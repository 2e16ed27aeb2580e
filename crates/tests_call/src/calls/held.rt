// Runs in which a gate holds an actor until another has come to a step.
use super::{ROOM, SPLIT, call_with, comes_to};
use core_workers::Gate;
use std::alloc::Global;
use std::sync::Wait;
use std::sync::atomic::AtomicU64;
use std::sync::atomic::Ordering::SeqCst;
use std::test::Fail;
use std::thread::{Threads, yield_now};
use std::time::Clock;

// One vCPU of half a core, with stints as long as a round, and a change at the end of the first round.
const SWITCH: &str = "cores = 1
lag = 102600
quantum = 102600
[[vcpu]]
name = \"a\"
share_ppm = 500000
latency_ns = 102702600
%%
102600 change set a 250000 102702600
";

// Work for a vCPU at tick 0, where stints are as long as a round. The vCPU is capped in the second.
const BURST: &str = "cores = 1
lag = 102600
quantum = 102600
[[vcpu]]
name = \"a\"
share_ppm = 500000
latency_ns = 102702600
%%
0 burst a 60000
";

const CAPPED_BURST: &str = "cores = 1
lag = 102600
quantum = 102600
[[vcpu]]
name = \"a\"
share_ppm = 500000
latency_ns = 102702600
capped = true
%%
0 burst a 60000
";

// Half a core, and three changes, of which one is refused.
const THREE: &str = "cores = 1
[[vcpu]]
name = \"a\"
share_ppm = 500000
latency_ns = 102702600
%%
20000 change set a 250000 102702600
40000 change set a 1000 0
60000 change set a 1000000 0
";

const THREE_REPORT: &str = "run 2 rounds 1 cores 3 events
change 0 at 20000: planned
change 1 at 40000: no period for a
change 2 at 60000: planned
round 0 plan 0
round 1 plan 2
vcpu a offered 153900 slots 153900 shared 51300 gap 51300
core 0 slots 153900 shared 51300 idle 0
done
";

// Holds an actor at its first step until another comes to a step, for a million turns at most.
#[derive(Drop)]
struct Hold {
    held: u32,
    other: u32,
    step: u64,
    came: AtomicU64,
    late: AtomicU64,
}

impl Gate for Hold {
    fn pass(&self, actor: u32, step: u64) {
        if actor == self.other && step == self.step {
            self.came.store(1, SeqCst);
        }
        if actor != self.held || step > 0 {
            return;
        }
        for _ in 0..1_000_000u32 {
            if self.came.load(SeqCst) == 1 {
                return;
            }
            yield_now();
        }
        self.late.store(1, SeqCst);
    }
}

// Words, input, the actor that is held, the other with its step, and the text; the controller is actor 32.
type HeldRow<'a> = (&'a str, &'a str, (u32, u32, u64), &'a str);

const HELD: [HeldRow<'static>; 6] = [
    (
        "run 2",
        SWITCH,
        (32, 0, 3),
        "run 2 rounds 1 cores 1 events
change 0 at 102600: planned
round 0 plan 0
vcpu a offered 102600 slots 102600 shared 102600 gap 51300
core 0 slots 102600 shared 102600 idle 0
done
",
    ),
    (
        "run 2",
        SWITCH,
        (0, 32, 1),
        "run 2 rounds 1 cores 1 events
change 0 at 102600: planned
round 0 plan 1
vcpu a offered 51300 slots 51300 shared 153900 gap 38475
core 0 slots 51300 shared 153900 idle 0
done
",
    ),
    (
        "run 3 burst",
        BURST,
        (0, 32, 1),
        "burst 0 a at 0 work 60000 seen 0 bound 307800 done 60000
run 3 rounds 1 cores 1 events
round 0 plan 0
vcpu a offered 153900 slots 153900 shared 153900 gap 51300
core 0 slots 153900 shared 153900 idle 0
done
",
    ),
    (
        "run 3 burst",
        CAPPED_BURST,
        (0, 32, 1),
        "burst 0 a at 0 work 60000 seen 0 bound 307800 done 111300
run 3 rounds 1 cores 1 events
round 0 plan 0
vcpu a offered 153900 slots 153900 shared 0 gap 51300
core 0 slots 153900 shared 0 idle 153900
done
",
    ),
    (
        "run 1 burst",
        BURST,
        (0, 32, 1),
        "burst 0 a at 0 work 60000 seen 0 bound - done 60000
run 1 rounds 1 cores 1 events
round 0 plan 0
vcpu a offered 51300 slots 51300 shared 51300 gap 51300
core 0 slots 51300 shared 51300 idle 0
done
",
    ),
    (
        "run 1",
        "cores = 2\n%%\n",
        (1, 0, 5),
        "run 1 rounds 2 cores 0 events
round 0 plan 0
core 0 slots 0 shared 0 idle 102600
core 1 slots 0 shared 0 idle 102600
done
",
    ),
];

// Whether the call with a held actor has the row's text, and no actor was held for too long.
fn is_held_so<R: Threads + Wait + Clock + Sync>(
    rt: &R,
    alloc: Global,
    row: &HeldRow<'_>,
) -> Result<bool, Fail> {
    let (words, input, (held, other, step), text) = *row;
    let gate = Hold {
        held,
        other,
        step,
        came: AtomicU64::new(0),
        late: AtomicU64::new(0),
    };
    let called = call_with(rt, alloc, words, input, &[], ROOM, &gate)?;
    Ok(comes_to(&called, &(0, text.as_bytes(), true)) && gate.late.load(SeqCst) == 0)
}

#[test]
fn held_actors(rt: HostRuntime) -> Result<(), Fail> {
    for row in &HELD {
        assert!(rt; is_held_so(&rt, rt.alloc(), row)?, "{}", row.3);
    }
    Ok(())
}

// Holds each of the first cores at each of its first steps until all of them have come to that step, for a million
// turns at most.
#[derive(Drop)]
struct Together {
    cores: u32,
    steps: u64,
    // how often a core has come to one of these steps: nobody comes to a step before all have come to the one before
    came: AtomicU64,
    late: AtomicU64,
}

impl Together {
    fn of(cores: u32, steps: u64) -> Together {
        Together {
            cores,
            steps,
            came: AtomicU64::new(0),
            late: AtomicU64::new(0),
        }
    }
}

impl Gate for Together {
    fn pass(&self, actor: u32, step: u64) {
        if actor >= self.cores || step >= self.steps {
            return;
        }
        self.came.fetch_add(1, SeqCst);
        let all = u64::from(self.cores).saturating_mul(step.saturating_add(1));
        for _ in 0..1_000_000u32 {
            if self.came.load(SeqCst) >= all {
                return;
            }
            yield_now();
        }
        self.late.store(1, SeqCst);
    }
}

// Words, a host without a script, the cores that are held and at how many steps, and the text.
type TogetherRow<'a> = (&'a str, &'a str, (u32, u64), &'a str);

const TOGETHER: [TogetherRow<'static>; 6] = [
    (
        "run 3",
        SPLIT,
        (2, 1),
        "run 3 rounds 2 cores 0 events
round 0 plan 0
vcpu a offered 184680 slots 184680 shared 0 gap 41040
vcpu b offered 184680 slots 184680 shared 31040 gap 41040
vcpu c offered 184680 slots 184680 shared 30520 gap 20520
core 0 slots 307800 shared 0 idle 0
core 1 slots 246240 shared 61560 idle 0
done
",
    ),
    (
        "run 1",
        "cores = 3\n",
        (3, 1),
        "run 1 rounds 3 cores 0 events
round 0 plan 0
core 0 slots 0 shared 0 idle 102600
core 1 slots 0 shared 0 idle 102600
core 2 slots 0 shared 0 idle 102600
done
",
    ),
    (
        "run 1",
        "cores = 8\n",
        (8, 1),
        "run 1 rounds 8 cores 0 events
round 0 plan 0
core 0 slots 0 shared 0 idle 102600
core 1 slots 0 shared 0 idle 102600
core 2 slots 0 shared 0 idle 102600
core 3 slots 0 shared 0 idle 102600
core 4 slots 0 shared 0 idle 102600
core 5 slots 0 shared 0 idle 102600
core 6 slots 0 shared 0 idle 102600
core 7 slots 0 shared 0 idle 102600
done
",
    ),
    (
        "run 6",
        "cores = 3\nlag = 10260\nquantum = 10260\n",
        (3, 60),
        "run 6 rounds 3 cores 0 events
round 0 plan 0
core 0 slots 0 shared 0 idle 615600
core 1 slots 0 shared 0 idle 615600
core 2 slots 0 shared 0 idle 615600
done
",
    ),
    (
        "run 1",
        "cores = 32\n",
        (32, 1),
        "run 1 rounds 32 cores 0 events
round 0 plan 0
core 0 slots 0 shared 0 idle 102600
core 1 slots 0 shared 0 idle 102600
core 2 slots 0 shared 0 idle 102600
core 3 slots 0 shared 0 idle 102600
core 4 slots 0 shared 0 idle 102600
core 5 slots 0 shared 0 idle 102600
core 6 slots 0 shared 0 idle 102600
core 7 slots 0 shared 0 idle 102600
core 8 slots 0 shared 0 idle 102600
core 9 slots 0 shared 0 idle 102600
core 10 slots 0 shared 0 idle 102600
core 11 slots 0 shared 0 idle 102600
core 12 slots 0 shared 0 idle 102600
core 13 slots 0 shared 0 idle 102600
core 14 slots 0 shared 0 idle 102600
core 15 slots 0 shared 0 idle 102600
core 16 slots 0 shared 0 idle 102600
core 17 slots 0 shared 0 idle 102600
core 18 slots 0 shared 0 idle 102600
core 19 slots 0 shared 0 idle 102600
core 20 slots 0 shared 0 idle 102600
core 21 slots 0 shared 0 idle 102600
core 22 slots 0 shared 0 idle 102600
core 23 slots 0 shared 0 idle 102600
core 24 slots 0 shared 0 idle 102600
core 25 slots 0 shared 0 idle 102600
core 26 slots 0 shared 0 idle 102600
core 27 slots 0 shared 0 idle 102600
core 28 slots 0 shared 0 idle 102600
core 29 slots 0 shared 0 idle 102600
core 30 slots 0 shared 0 idle 102600
core 31 slots 0 shared 0 idle 102600
done
",
    ),
    (
        "run 2 live",
        "cores = 3\nlag = 10260\nquantum = 10260\n",
        (3, 20),
        "run 2 rounds 3 cores 0 events
round 0 plan 0
core 0 slots 0 shared 0 idle 205200
core 1 slots 0 shared 0 idle 205200
core 2 slots 0 shared 0 idle 205200
done
",
    ),
];

// Whether the call passes the gate and has the row's text.
fn is_passed<R: Threads + Wait + Clock + Sync>(
    rt: &R,
    alloc: Global,
    row: &TogetherRow<'_>,
) -> Result<bool, Fail> {
    let (words, host, (cores, steps), text) = *row;
    let gate = Together::of(cores, steps);
    let input = format!(in alloc; "{host}%%\n")?;
    let called = call_with(rt, alloc, words, input.as_str(), &[], ROOM, &gate)?;
    Ok(comes_to(&called, &(0, text.as_bytes(), true)) && gate.late.load(SeqCst) == 0)
}

// No order of steps in one thread passes these gates: each core has a worker of its own, and no worker has given up
// before the last of these steps. Where there are 60, all cores are beyond the first round at the last of them, since
// of three cores one runs a tenth of a round at least while each makes a step.
#[test]
fn workers_step_beside_each_other(rt: HostRuntime) -> Result<(), Fail> {
    for row in &TOGETHER {
        assert!(rt; is_passed(&rt, rt.alloc(), row)?, "{}", row.1);
    }
    Ok(())
}

// Holds core 0 at its sixth step until core 1 has made a thousand steps in a row without getting on, for a million turns at most.
#[derive(Drop)]
struct Lasting {
    place: AtomicU64,
    vain: AtomicU64,
    late: AtomicU64,
}

impl Gate for Lasting {
    fn pass(&self, actor: u32, step: u64) {
        if actor != 0 || step != 5 {
            return;
        }
        for _ in 0..1_000_000u32 {
            if self.vain.load(SeqCst) >= 1_000 {
                return;
            }
            yield_now();
        }
        self.late.store(1, SeqCst);
    }

    fn reached(&self, actor: u32, _step: u64, place: u32) {
        if actor != 1 {
            return;
        }
        if self.place.swap(u64::from(place), SeqCst) == u64::from(place) {
            self.vain.fetch_add(1, SeqCst);
        } else {
            self.vain.store(0, SeqCst);
        }
    }
}

// A worker that gave its core back before would leave core 0 held to the last of its turns.
#[test]
fn a_worker_outlasts_a_thousand_turns(rt: HostRuntime) -> Result<(), Fail> {
    let gate = Lasting {
        place: AtomicU64::new(0),
        vain: AtomicU64::new(0),
        late: AtomicU64::new(0),
    };
    let row = &HELD[5];
    let called = call_with(&rt, rt.alloc(), row.0, row.1, &[], ROOM, &gate)?;
    assert!(rt; comes_to(&called, &(0, row.3.as_bytes(), true)));
    assert_eq!(rt; gate.late.load(SeqCst), 0);
    Ok(())
}

// Holds the planner at its first step until core 0 comes to its second, for a million turns at most, and
// counts the planner's steps: of each of the first seven in a byte of its own, and of the others in the last.
#[derive(Drop)]
struct HeldPlanner {
    came: AtomicU64,
    late: AtomicU64,
    steps: AtomicU64,
}

impl Gate for HeldPlanner {
    fn pass(&self, actor: u32, step: u64) {
        if actor == 0 && step == 1 {
            self.came.store(1, SeqCst);
        }
        if actor != 33 {
            return;
        }
        self.steps.fetch_add(1 << (8 * step.min(7)), SeqCst);
        if step > 0 {
            return;
        }
        for _ in 0..1_000_000u32 {
            if self.came.load(SeqCst) == 1 {
                return;
            }
            yield_now();
        }
        self.late.store(1, SeqCst);
    }
}

#[test]
fn a_held_planner(rt: HostRuntime) -> Result<(), Fail> {
    let gate = HeldPlanner {
        came: AtomicU64::new(0),
        late: AtomicU64::new(0),
        steps: AtomicU64::new(0),
    };
    let called = call_with(&rt, rt.alloc(), "run 2 live", THREE, &[], ROOM, &gate)?;
    assert!(rt; comes_to(&called, &(0, THREE_REPORT.as_bytes(), true)));
    assert_eq!(rt; gate.late.load(SeqCst), 0);
    // one for each change, and one that finds that all are planned
    assert_eq!(rt; gate.steps.load(SeqCst), 0x0101_0101);
    Ok(())
}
--
__TASK REQUIREMENTS__. Only the lines from the first line of the records through the line with "use std::sync::Wait;" should be reproduced, exactly and with nothing added.

__REPLY__.
repository 2e16ed27aeb2580e
filename crates/tests_call/src/calls/held.rt
// Runs in which a gate holds an actor until another has come to a step.
use super::{ROOM, SPLIT, call_with, comes_to};
use core_workers::Gate;
use std::alloc::Global;
use std::sync::Wait;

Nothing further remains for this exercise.